The real points are these:

1. Windows XP starts to perform better with 512Mb of RAM. Add more if you really need to.

2. Partitioning a drive helps you to safeguard your data and your installed operating system. As the Windows XP ASR program formats the operating system drive you cannot store the ASR backup on the same drive so you have to have a partitioned drive with more than one partition.

Similarly, if you make a drive image of the C: drive you only need to format the small C: drive and restore to it. This leaves the data intact on the other partitions.

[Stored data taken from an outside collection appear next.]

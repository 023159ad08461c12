//! What ranks last heard of each other's subtree roots. No answer depends on it.
ghost use Rattle.std.specs.Prelude.{◌≡◌, IfErr, IfOk};

use crate::ranked_tree::RankedTree;
use keeping::{Keep, RowEdit, Unkept};
use mds_types::{Dirfrag, Rank};
use objstore::Store;
use std::snapshot::Snapshot;

impl<S: Store + Drop> RankedTree<S> {
    /// Where a rank has a hint on the nearest root of a leaf, it names that root's rank from then on. Takes no memory.
    pub fn correct_hint(&mut self, rank: Rank, at: &Dirfrag)
        ensures { self.new ≡ self.old }
    {
        let roots = &mut self.regions.roots;
        if let Some(root) = roots.find_root_by(rank, self.tree.dirs(), at.dir, at.frag) {
            roots.correct(rank, root.0, root.1);
        }
    }

    /// Each hint of each rank names this rank, be it right or wrong. Takes no memory.
    pub fn set_hints(&mut self, rank: Rank)
        ensures { self.new ≡ self.old }
    {
        self.regions.roots.set_hints(rank);
    }
}

impl<S: Keep + Drop> RankedTree<S> {
    /// Writes what the store has where it outlives the process, with edits of the rows beside it. The results are the
    /// store before and after, for contracts alone. Whatever it returns, the tree is unchanged.
    pub fn keep(&mut self, edits: &[RowEdit]) -> Result<(Snapshot<S>, Snapshot<S>), Unkept>
        ensures same { self.new ≡ self.old }
        ensures taken { IfOk result (λ s. S.Takes s.0.value edits.now s.1.value) }
        ensures objects { IfOk result (λ s. S.objects s.1.value ≡ self.old.tree.objects) }
        ensures failed { IfErr result (λ _. S.may_fail) }
    {
        self.tree.keep(edits)
    }

    /// Leaves what was kept whole in one place, as a run ends. Whatever it answers, all is as it was.
    pub fn settle(&mut self) -> Result<(), Unkept>
        ensures same { self.new ≡ self.old }
        ensures failed { IfErr result (λ _. S.may_fail) }
    {
        self.tree.settle()
    }
}
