// Makes room for the root that a merged leaf may be, where leaves can be merged.
fn reserve_merge<S: Store + Drop>(
    tree: &MdCache<S>,
    roots: &mut Subtrees,
    dir: Ino,
    frag: Frag,
) -> Result<(), Refusal>
    requires known { is_known tree.now.homes dir.0 ≡ true }
    requires can { CanMerge (leaves_of tree.now.covers dir.0) frag }
    ensures room { OnOk result (1 ≤ roots.new.room) }
    ensures refused { IfErr result (MayNotMerge ⊥ tree.now tree.now dir frag) }
    ensures same { roots.new.roots ≡ roots.old.roots }
    ensures promises { roots.new.promises ≡ roots.old.promises }
{
    if let Err(refusal) = tree.check_numbers(1) {
        return Err(refusal);
    }
    if let Err(refusal) = roots.reserve(1) {
        return Err(refusal);
    }
    Ok(())
}
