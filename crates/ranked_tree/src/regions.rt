//! The subtree roots with the exports that stand: from both it is told which rank holds a leaf.
ghost use Rattle.std.specs.Prelude.{◌≡◌, ◌≢◌, Some, IfSome, MatchOption};
ghost use Rattle.std.specs.Option.{option_copied};
ghost use Rattle.std.specs.FinMap as map;
ghost use Rattle.export_steps.specs.Standing.{IsBetweenRanks, state_at};
ghost use Rattle.inode_table.specs.Dirs.{IsLive};
ghost use Rattle.subtree_map.specs.Authority.{HasAuthority, IsSubtrees};
ghost use Rattle.ranked_tree.specs.Exported.{held_in};

use export_steps::{ExportState, Exports, StandingExport};
use inode_table::{Dirs, Home};
use mds_types::{Frag, Ino, Rank};
use std::alloc::Global;
use subtree_map::Subtrees;

/// The subtree roots with their ranks, and the exports that stand.
#[derive(Drop)]
pub struct Regions {
    pub(crate) roots: Subtrees,
    pub(crate) exports: Exports,
}

impl Regions {
    // These roots, and no exports. Takes no memory.
    pub(crate) fn new(alloc: Global, roots: Subtrees) -> Regions
        ensures roots { result.roots ≡ roots }
        ensures exports { result.exports ≡ map.empty }
    {
        Regions {
            roots,
            exports: Exports::new(alloc),
        }
    }

    // The rank that holds a leaf: its authority, but from Import to Finish the importer of its region. Takes no memory.
    pub(crate) fn holder(&self, dirs: &Dirs, dir: Ino, frag: Frag) -> Rank
        requires leaf { IsLive dirs.now.homes dirs.now.trees (dir, frag) }
        requires valid { IsSubtrees (held_in self.now) dirs.now.homes dirs.now.trees }
        ensures { HasAuthority (held_in self.now) dirs.now.homes dirs.now.trees (dir, frag) result }
    {
        self.exports.holder(&self.roots, dirs, dir, frag)
    }

    // So of a leaf whose directory stands there, where a rank asks: without exports one search less, and the rank looks
    // into its own list of roots first.
    pub(crate) fn holder_by<'a>(
        &self,
        rank: Rank,
        dirs: &'a Dirs,
        leaf: (Ino, Frag),
        home: Option<&'a Home>,
    ) -> Rank
        requires leaf { IsLive dirs.now.homes dirs.now.trees leaf }
        requires home { option_copied home ≡ map.get dirs.now.homes leaf.0.0 }
        requires valid { IsSubtrees (held_in self.now) dirs.now.homes dirs.now.trees }
        ensures { HasAuthority (held_in self.now) dirs.entry.now.homes dirs.entry.now.trees leaf result }
    {
        if self.exports.len() == 0 {
            return self.roots.authority_by(rank, dirs, leaf, home);
        }
        self.holder(dirs, leaf.0, leaf.1)
    }

    // The export of a root, if it is in this state.
    pub(crate) fn export_in(
        &self,
        dir: Ino,
        frag: Frag,
        state: ExportState,
    ) -> Option<StandingExport>
        ensures export { MatchOption result (state_at self.now.exports (dir, frag) ≢ Some state)
            (λ export. (map.get self.now.exports (dir, frag) ≡ Some export) × (export.state ≡ state)) }
        ensures ranks { IfSome result IsBetweenRanks }
    {
        let Some(export) = self.exports.get(dir, frag) else {
            return None;
        };
        if export.state != state {
            return None;
        }
        Some(export)
    }
}
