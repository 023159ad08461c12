//! Operations run over the tree that is shown: each leaf is asked, and changed, at the rank that holds it.
ghost use Rattle.std.specs.Prelude.{◌≡◌, true, IfOk, IfErr, OnOk};
ghost use Rattle.std.specs.Result.{result_err};
ghost use Rattle.std.specs.FinMap as map;
ghost use Rattle.mds_types.specs.Leaf.{leaf_of};
ghost use Rattle.namespace_ops.specs.Places.{LiesAt};
ghost use Rattle.mdcache.specs.Frags.{KeepsState};
ghost use Rattle.mdcache.specs.Core.{state_of};
ghost use Rattle.mdcache.specs.Reads.{MayNotFind};
ghost use Rattle.mdcache.specs.Shown.{shown_tree};
ghost use Rattle.ranked_tree.specs.Held.{IsNewestHeld, IsOwned, LacksPlacesFor, ReadsDir};
ghost use Rattle.ranked_tree.specs.Exported.{held_in};
ghost use Rattle.ranked_tree.specs.Subtrees.{HoldsAt};

use crate::authorities::locate;
use crate::listing::list_dir;
use crate::ranked_tree::RankedTree;
use crate::regions::Regions;
use mdcache::MdCache;
use mds_types::{Dentry, Dirfrag, Frag, Ino, Inode, Listing, Name, Op, PageSize, Rank, Refusal};
use namespace_ops::{Change, Frags, Located};
use objstore::Store;
use std::alloc::Global;

impl<S: Store + Drop> Frags for RankedTree<S> {
    ghost use Rattle.std.specs.Prelude.{refl};
    ghost use Rattle.dirfrag_codec.specs.EntryRecord.{IsRankNumber};
    ghost use Rattle.std.proofs.Common.{inl, ◌∙◌, ap, subst, sym, ⊎_elim};
    ghost use Rattle.dentry_cache.specs.Came.{NoneEnds};
    ghost use Rattle.dentry_cache.specs.Reads.{Reads};
    ghost use Rattle.dentry_cache.specs.Reads.Reads.{stays};
    ghost use Rattle.dentry_cache.proofs.ReadsLaws.{reads_then, reads_weaker};
    ghost use Rattle.inode_table.specs.Dirs.{IsLive};
    ghost use Rattle.namespace_ops.specs.Changes.{Concerns};
    ghost use Rattle.subtree_map.specs.Authority.{Leaf, Roots};
    ghost use Rattle.mdcache.specs.State.{State as TreeState};
    ghost use Rattle.mdcache.proofs.FragsLaws.{keeps_itself, keeps_on, keeps_refused, lacked_asked, refused_later, refused_so, untouched_by, untouched_on};
    ghost use Rattle.ranked_tree.specs.Held.{AsksFor, ComesFor, LacksPlacesAsked, ReadsFor};
    ghost use Rattle.ranked_tree.specs.Subtrees.{HoldsAt, Rules};
    ghost use Rattle.mds_types.specs.declared.ids.Ino.{Ino as Number};
    ghost use Rattle.mds_types.specs.declared.ids.Rank.{Rank as RankNumber};
    ghost use Rattle.std.specs.Prelude.{None, Option, ℕ};
    ghost use Rattle.mds_types.specs.declared.refusals.Refusal.TheVariants.{NoInodes, NoMemory};
    ghost use Rattle.mdcache.specs.Made.{IsUntouched};
    ghost use Rattle.mdcache.specs.Shown.{shown_tree};
    ghost use Rattle.ranked_tree.specs.Ranked.{IsFrozenLeaf, KeepsRanked, MayRefuse, held_roots};
    ghost use Rattle.export_steps.specs.Holder.{IsFrozen, holding};
    ghost use Rattle.export_steps.specs.Standing.{Standing};

    ghost content = { λ t. shown_tree (state_of t.tree) };

    ghost covers = { λ t. t.tree.covers };

    ghost IsNumber = { λ n. IsRankNumber n };

    ghost Holds = { λ t at. HoldsAt (state_of t.tree) (held_roots t) at };

    ghost MayTouch = { λ t leaf. (IsFrozenLeaf t leaf → ⊥) };

    ghost Follows = { λ a b op told. KeepsRanked a b op told };

    ghost Unchanged = { λ a b leaf. IsUntouched (state_of a.tree) (state_of b.tree) leaf };

    ghost MayRefuse = { λ a b op reason. MayRefuse a b op reason };

    ghost follows_self = { λ a op. record { tree = keeps_itself a.tree; roots = refl; exports = refl; reads = (None, λ none. refl, stays) } };

    ghost follows_on = { λ a b c op told p q. record {
      tree = keeps_on a.tree b.tree c.tree told p.tree q.tree;
      roots = q.roots ∙ p.roots;
      exports = q.exports ∙ p.exports;
      reads = (
        q.reads.0,
        q.reads.1,
        reads_then (AsksFor (state_of a.tree) (held_roots a) (Concerns op) (ComesFor (state_of a.tree) (held_roots a) op q.reads.0)) NoneEnds a.tree.objects a.tree.caches b.tree.caches c.tree.caches
            (reads_weaker (AsksFor (state_of a.tree) (held_roots a) (Concerns op) (ComesFor (state_of a.tree) (held_roots a) op None)) NoneEnds (AsksFor (state_of a.tree) (held_roots a) (Concerns op) (ComesFor (state_of a.tree) (held_roots a) op q.reads.0)) NoneEnds
            (λ r l. ⊎_elim (λ held. inl held) (λ none. absurd none)) (λ r l none. none) a.tree.objects a.tree.caches b.tree.caches
            (subst (λ (n : Option Number). ReadsFor (held_roots a) (Concerns op) (ComesFor (state_of a.tree) (held_roots a) op n) a.tree b.tree) (p.reads.1 refl) p.reads.2))
            (subst (λ (s : TreeState). Reads (AsksFor s (held_roots a) (Concerns op) (ComesFor s (held_roots a) op q.reads.0)) NoneEnds s.objects b.tree.caches c.tree.caches) p.tree.state
            (subst (λ (r : Roots). ReadsFor r (Concerns op) (ComesFor (state_of b.tree) r op q.reads.0) b.tree c.tree) (ap (λ (r : Roots). holding b.exports r) p.roots ∙ ap (λ (e : Standing). holding e a.subtrees.roots) p.exports) q.reads.2)),
      );
    } };

    ghost held_on = { λ a b op told at kept. (
      λ holds. subst (λ (r : Roots). HoldsAt (state_of b.tree) r at) (sym (ap (λ (r : Roots). holding b.exports r) kept.roots ∙ ap (λ (e : Standing). holding e a.subtrees.roots) kept.exports)) (subst (λ (s : TreeState). HoldsAt s (held_roots a) at) (sym kept.tree.state) holds),
      λ holds. subst (λ (r : Roots). HoldsAt (state_of a.tree) r at) (ap (λ (r : Roots). holding b.exports r) kept.roots ∙ ap (λ (e : Standing). holding e a.subtrees.roots) kept.exports) (subst (λ (s : TreeState). HoldsAt s (held_roots b) at) kept.tree.state holds),
    ) };

    ghost touch_on = { λ a b op told leaf kept may frozen. may
        (subst (λ (e : Standing). IsFrozen e a.subtrees.roots a.tree.homes a.tree.covers leaf) kept.exports
        (subst (λ (r : Roots). IsFrozen b.exports r a.tree.homes a.tree.covers leaf) kept.roots
        (subst (λ (s : TreeState). IsFrozen b.exports b.subtrees.roots s.homes s.covers leaf) kept.tree.state frozen))) };

    ghost follows_memory = { λ a b op p. record { tree = keeps_refused a.tree b.tree NoMemory refl p.tree; roots = p.roots; exports = p.exports; reads = (p.reads.0, λ none. p.reads.1 refl, p.reads.2) } };

    ghost follows_number = { λ a b op p. record { tree = keeps_refused a.tree b.tree NoInodes refl p.tree; roots = p.roots; exports = p.exports; reads = (p.reads.0, λ none. p.reads.1 refl, p.reads.2) } };

    ghost unchanged_by = { λ a b op leaf told kept. untouched_by a.tree b.tree leaf told kept.tree };

    ghost unchanged_self = { λ a leaf. untouched_by a.tree a.tree leaf None (keeps_itself a.tree) };

    ghost unchanged_on = { λ a b c leaf p q. untouched_on a.tree b.tree c.tree leaf p q };

    ghost refused_on = { λ a b c op reason kept because. refused_later
        (LacksPlacesAsked 2 b.tree (held_roots b) (Concerns op))
        (LacksPlacesAsked 2 a.tree (held_roots a) (Concerns op))
        a.tree b.tree c.tree op reason
        (λ lacks.
        let now = subst (λ (r : Roots). LacksPlacesAsked 2 b.tree r (Concerns op)) (ap (λ (r : Roots). holding b.exports r) kept.roots ∙ ap (λ (e : Standing). holding e a.subtrees.roots) kept.exports) lacks in
        let before = lacked_asked 2 (λ (s : TreeState) (d : ℕ). Concerns op d) (λ (s : TreeState) (leaf : Leaf) (rank : RankNumber). IsLive s.homes s.covers leaf × Rules s (held_roots a) leaf rank) a.tree b.tree kept.tree (now.0, now.1, now.3.0, (now.2, now.3.1), now.3.2) in
        (before.0, before.1, before.3.0, (before.2, before.3.1, before.4)))
        kept.tree because };

    ghost refused_for = { λ a b op reason because. refused_so
        (LacksPlacesAsked 2 a.tree (held_roots a)
        (Concerns op)) a.tree b.tree op reason because };

    fn is_dir(&self, dir: Ino) -> bool {
        self.tree.is_dir(dir)
    }

    fn is_above(&self, dir: Ino, below: Ino) -> bool {
        self.tree.is_above(dir, below)
    }

    fn is_empty(&self, dir: Ino) -> bool {
        self.tree.is_dir_empty(dir)
    }

    fn locate(&self, rank: Rank, dir: Ino, hash: u32) -> Option<Located> {
        locate(&self.tree, &self.regions, rank, dir, hash)
    }

    fn leaves(&self, alloc: Global, dir: Ino) -> Result<Vec<Frag>, Refusal> {
        Ok(self.tree.leaves(alloc, dir)?)
    }

    fn look(&mut self, _op: &Op, dentry: &Dentry, at: &Dirfrag) -> Result<Option<Inode>, Refusal> {
        look(self.alloc, &mut self.tree, &self.regions, dentry, at)
    }

    fn list_after(
        &mut self,
        alloc: Global,
        _op: &Op,
        dir: Ino,
        after: Option<&Name>,
        max: PageSize,
    ) -> Result<(Listing, bool), Refusal> {
        list_dir(alloc, &mut self.tree, &self.regions, dir, after, max)
    }

    fn change(&mut self, _op: &Op, change: Change) -> Result<(), Refusal> {
        self.make_change(change)
    }
}

// The inode at a dentry, copied; its leaf is asked at the rank that holds it.
fn look<S: Store + Drop>(
    alloc: Global,
    tree: &mut MdCache<S>,
    regions: &Regions,
    dentry: &Dentry,
    at: &Dirfrag,
) -> Result<Option<Inode>, Refusal>
    requires at { LiesAt (shown_tree (state_of tree.old)) tree.old.covers
        (HoldsAt (state_of tree.old) (held_in regions.now)) dentry.now at.now }
    requires owned { IsOwned tree.old (held_in regions.now) }
    ensures found { IfOk result (λ found. found ≡ map.get (shown_tree (state_of tree.old)) dentry.now) }
    ensures kept { KeepsState tree.old tree.new (result_err result) }
    ensures newest { OnOk result
        (IsNewestHeld (state_of tree.old) (held_in regions.now) tree.new.caches (leaf_of at.now)) }
    ensures reads { ReadsDir (held_in regions.now) dentry.now.dir tree.old tree.new }
    ensures owned { IsOwned tree.new (held_in regions.now) }
    ensures refused { IfErr result
        (MayNotFind (LacksPlacesFor 1 tree.old (held_in regions.now) (leaf_of at.now)) tree.old.faults
        tree.new.faults) }
{
    tree.look(alloc, at, &dentry.name)
}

Having a drive image means that you don't need to reinstall from scratch when things go wrong.

3. Multiple processors are favoured by some computer manufacturers for use with software that takes advantage of them and a faster processor is better than a slower processor as long as it is matched to the rest of the hardware.

4. Systems using NTFS undoubtedly benefit from running with the correct cluster size of 4096 bytes per allocation unit, and will benefit from a defragmentation program which defragments the paging file and master file tables. Using a system of padding out the master file tables when they get too small helps to prevent fragmentation and speeds up system performance.


----------



## Stoner (Oct 26, 2002)

Just some thoughts, Iain 

If a drive fails, it doesn't matter how many partitions are on it, all of them on that drive are inaccessible.
I agree, an extra partition is handy, I have 3 all together on a single drive machine. And a Drive Image stored on a partition other than C is wise and convenient, but saved to CD's is even better incase of a drive failure and the need to set up another drive in short order.

With new drives being as large as they are, for me now, a second drive would just be more of an electrical load on the psu than a safety feature.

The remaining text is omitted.